Manat Chaijan

pp. 47 - 53

Abstract

Lipid oxidation and myoglobin oxidation in muscle foods occur in a concurrent manner and each process appears to enhance the other. During oxidation of oxymyoglobin, both superoxide anion and hydrogen peroxide are produced and further react with iron to produce hydroxyl radical. The hydroxyl radical has the ability to penetrate into the hydrophobic lipid region and hence facilitates lipid oxidation. The prooxidant effect of oxymyoglobin on lipid oxidation is concentrationdependent. At equimolar concentrations, oxymyoglobin shows higher prooxidative activity towards lipid than metmyoglobin. However, the catalytic activity of metmyoglobin is promoted by hydrogen peroxide. The reaction between hydrogen
peroxide and metmyoglobin results in the formation of two active hypervalent myoglobin species, perferrylmyoglobin and ferrylmyoglobin, which are responsible for lipid oxidation. Additionally, lipid oxidation results in a wide range of aldehyde products, which are reported to induce the oxidation of oxymyoglobin. Metmyoglobin formation is generally greater in the presence of unsaturated aldehydes than their saturated counterparts of equivalent carbon chain length.
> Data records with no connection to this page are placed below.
//! Expressions read token by token: what was begun, and what was read last.
ghost use Rattle.std.specs.Prelude.{◌≡◌, true, Some, None, ◌∷◌, ◌++◌, [], IfOk, OnOk, MatchOption};
ghost use Rattle.vod_token.specs.Span.{IsTokenText};
ghost use Rattle.vod_expr_machine.specs.Lexeme.{at};
ghost use Rattle.vod_expr_machine.specs.Numerals.{number_of};
ghost use Rattle.vod_tree.specs.declared.expr.ExprKind.TheVariants as e;
ghost use Rattle.vod_expr_machine.specs.Operators.{tight};
ghost use Rattle.vod_expr_machine.specs.Machine.{reduce, reduced, machine, whole, opened, ended, at_close_paren, at_close_bracket, at_comma, at_colon, at_open_brace, at_close_brace, at_part, level_at, behind, followed, preceded, on_operand, named, outer, on_mark, on_operator, on_symbol, mark_of, start, step};
ghost use Rattle.vod_expr_machine.specs.declared.machine.Head.TheVariants.{Wanted, Named, Whole, Outer};
ghost use Rattle.vod_expr_machine.specs.declared.machine.Frame.TheVariants.{Call, Concat, Replicate};
ghost use Rattle.vod_expr_machine.specs.View.{frames_of, state_of, binds, taken_place, taken_kind, Rests, Gives};

use crate::number::number_of;
use crate::word::{Mark, binary_of, mark_of, unary_of};
use sqlite_items::{Boxed, Items};
use std::alloc::{AllocError, Global};
use vod_token::TokenKind;
use vod_tree::{BinaryOp, Expr, ExprKind, Ident, Name, UnaryOp, let_go};

/// A part that was begun and isn't whole.
#[derive(Drop)]
pub enum Frame {
    /// An operator before a primary, and its place.
    Prefix(u32, UnaryOp),
    /// A left operand, its place and the operator behind it.
    Left(u32, ExprKind, BinaryOp),
    /// What stands before `?`.
    Chosen(u32, ExprKind),
    /// What stands before `?` and before `:`.
    Otherwise(u32, ExprKind, Expr),
    /// `(`
    Paren(u32),
    /// `NAME [`
    Index(Ident),
    /// `NAME [ expr :`
    Range(Ident, Expr),
    /// `NAME (` and the arguments so far.
    Call(Ident, Items<Expr>),
    /// `{` before its first part.
    Brace(u32),
    /// `{` and the parts so far.
    Concat(u32, Items<Expr>),
    /// `{ expr {` and the parts so far.
    Replicate(u32, Expr, Items<Expr>),
}

/// What was read last.
#[derive(Drop)]
pub enum Head {
    /// Nothing of an operand yet.
    Wanted,
    /// An operator that wants a primary.
    Bare,
    /// A name, behind which `[` or `(` may stand.
    Named(Ident),
    /// A whole expression.
    Whole(u32, ExprKind),
    /// A replication up to its inner `}`.
    Outer(u32, Expr, Items<Expr>),
}

/// An expression as far as it was read.
#[derive(Drop)]
pub struct Reader {
    head: Head,
    frames: Items<Frame>,
}

// How tightly an operator binds (IEEE 1364-2005, 5.1.2).
fn tight(op: BinaryOp) -> u8
    ensures { result ≡ tight op }
{
    match op {
        BinaryOp::Mul => 10,
        BinaryOp::Add | BinaryOp::Sub => 9,
        BinaryOp::ShiftLeft
        | BinaryOp::ShiftRight
        | BinaryOp::ArithmeticLeft
        | BinaryOp::ArithmeticRight => 8,
        BinaryOp::Less | BinaryOp::LessEqual | BinaryOp::Greater | BinaryOp::GreaterEqual => 7,
        BinaryOp::Equal | BinaryOp::NotEqual | BinaryOp::CaseEqual | BinaryOp::CaseNotEqual => 6,
        BinaryOp::And => 5,
        BinaryOp::Xor | BinaryOp::Xnor | BinaryOp::XorNot => 4,
        BinaryOp::Or => 3,
        BinaryOp::LogicalAnd => 2,
        BinaryOp::LogicalOr => 1,
    }
}

// How tightly what stands before a mark must bind.
fn level_at(mark: Mark) -> u8
    ensures { result ≡ level_at mark }
{
    match mark {
        Mark::Question => 1,
        _ => 0,
    }
}

// Whether the frame takes in an expression of a level.
fn binds(frame: &Frame, level: u8) -> bool
    ensures { result ≡ binds level frame.now }
{
    match frame {
        Frame::Prefix(..) => true,
        Frame::Left(_, _, op) => level <= tight(*op),
        Frame::Otherwise(..) => level == 0,
        _ => false,
    }
}

// An operator before its operand.
fn prefixed(alloc: Global, op: UnaryOp, operand: Expr) -> Result<ExprKind, AllocError>
    ensures { IfOk result (λ x. x ≡ e.Unary op operand) }
{
    let operand = Boxed::new(alloc, operand)?;
    Ok(ExprKind::Unary(op, operand))
}

// Two parts, each in a box.
fn boxed(alloc: Global, first: Expr, second: Expr) -> Result<(Boxed<Expr>, Boxed<Expr>), AllocError>
    ensures { IfOk result (λ x. (x.0 ≡ first) × (x.1 ≡ second)) }
{
    match Boxed::new(alloc, first) {
        Ok(first) => {
            let second = Boxed::new(alloc, second)?;
            Ok((first, second))
        }
        Err(fault) => {
            let_go(second);
            Err(fault)
        }
    }
}

// The parts so far and a further one.
fn with_part(parts: Items<Expr>, last: Expr) -> Result<Items<Expr>, AllocError>
    ensures { IfOk result (λ x. x ≡ parts ++ last ∷ []) }
{
    let mut parts = parts;
    parts.push(last)?;
    Ok(parts)
}

// An operator between its operands.
fn joined(alloc: Global, left: Expr, op: BinaryOp, right: Expr) -> Result<ExprKind, AllocError>
    ensures { IfOk result (λ x. x ≡ e.Binary op left right) }
{
    let (left, right) = boxed(alloc, left, right)?;
    Ok(ExprKind::Binary(op, left, right))
}

// `?:` with its three parts.
fn chosen(
    alloc: Global,
    condition: Expr,
    then: Expr,
    otherwise: Expr,
) -> Result<ExprKind, AllocError>
    ensures { IfOk result (λ x. x ≡ e.Conditional condition then otherwise) }
{
    match boxed(alloc, condition, then) {
        Ok((condition, then)) => {
            let otherwise = Boxed::new(alloc, otherwise)?;
            Ok(ExprKind::Conditional(condition, then, otherwise))
        }
        Err(fault) => {
            let_go(otherwise);
            Err(fault)
        }
    }
}

// Where the expression begins that the frame and its last part are.
fn taken_place(frame: &Frame, place: u32) -> u32
    ensures { result ≡ taken_place place frame.now }
{
    match frame {
        Frame::Prefix(at, _) | Frame::Left(at, ..) | Frame::Otherwise(at, ..) => *at,
        _ => place,
    }
}

// That expression.
fn taken(alloc: Global, frame: Frame, place: u32, kind: ExprKind) -> Result<ExprKind, AllocError>
    ensures { IfOk result (λ x. x ≡ taken_kind place kind frame) }
{
    match frame {
        Frame::Prefix(_, op) => prefixed(alloc, op, Expr { place, kind }),
        Frame::Left(at, left, op) => joined(
            alloc,
            Expr {
                place: at,
                kind: left,
            },
            op,
            Expr { place, kind },
        ),
        Frame::Otherwise(at, condition, then) => chosen(
            alloc,
            Expr {
                place: at,
                kind: condition,
            },
            then,
            Expr { place, kind },
        ),
        other => {
            let_go(other);
            Ok(kind)
        }
    }
}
In addition, increasing
chain length of aldehydes, from hexenal through nonenal, results in the increased metmyoglobin formation. Moreover, aldehydes alter myoglobin redox stability by increasing oxymyoglobin oxidation, decreasing the metmyoglobin reduction via enzymatic process, and enhance the prooxidant activity of metmyoglobin. Therefore, the oxidation of both lipid and myoglobin directly affect the quality and acceptability of muscle foods and the lowering of such a phenomenon can enhance the shelf-life stability of those foods.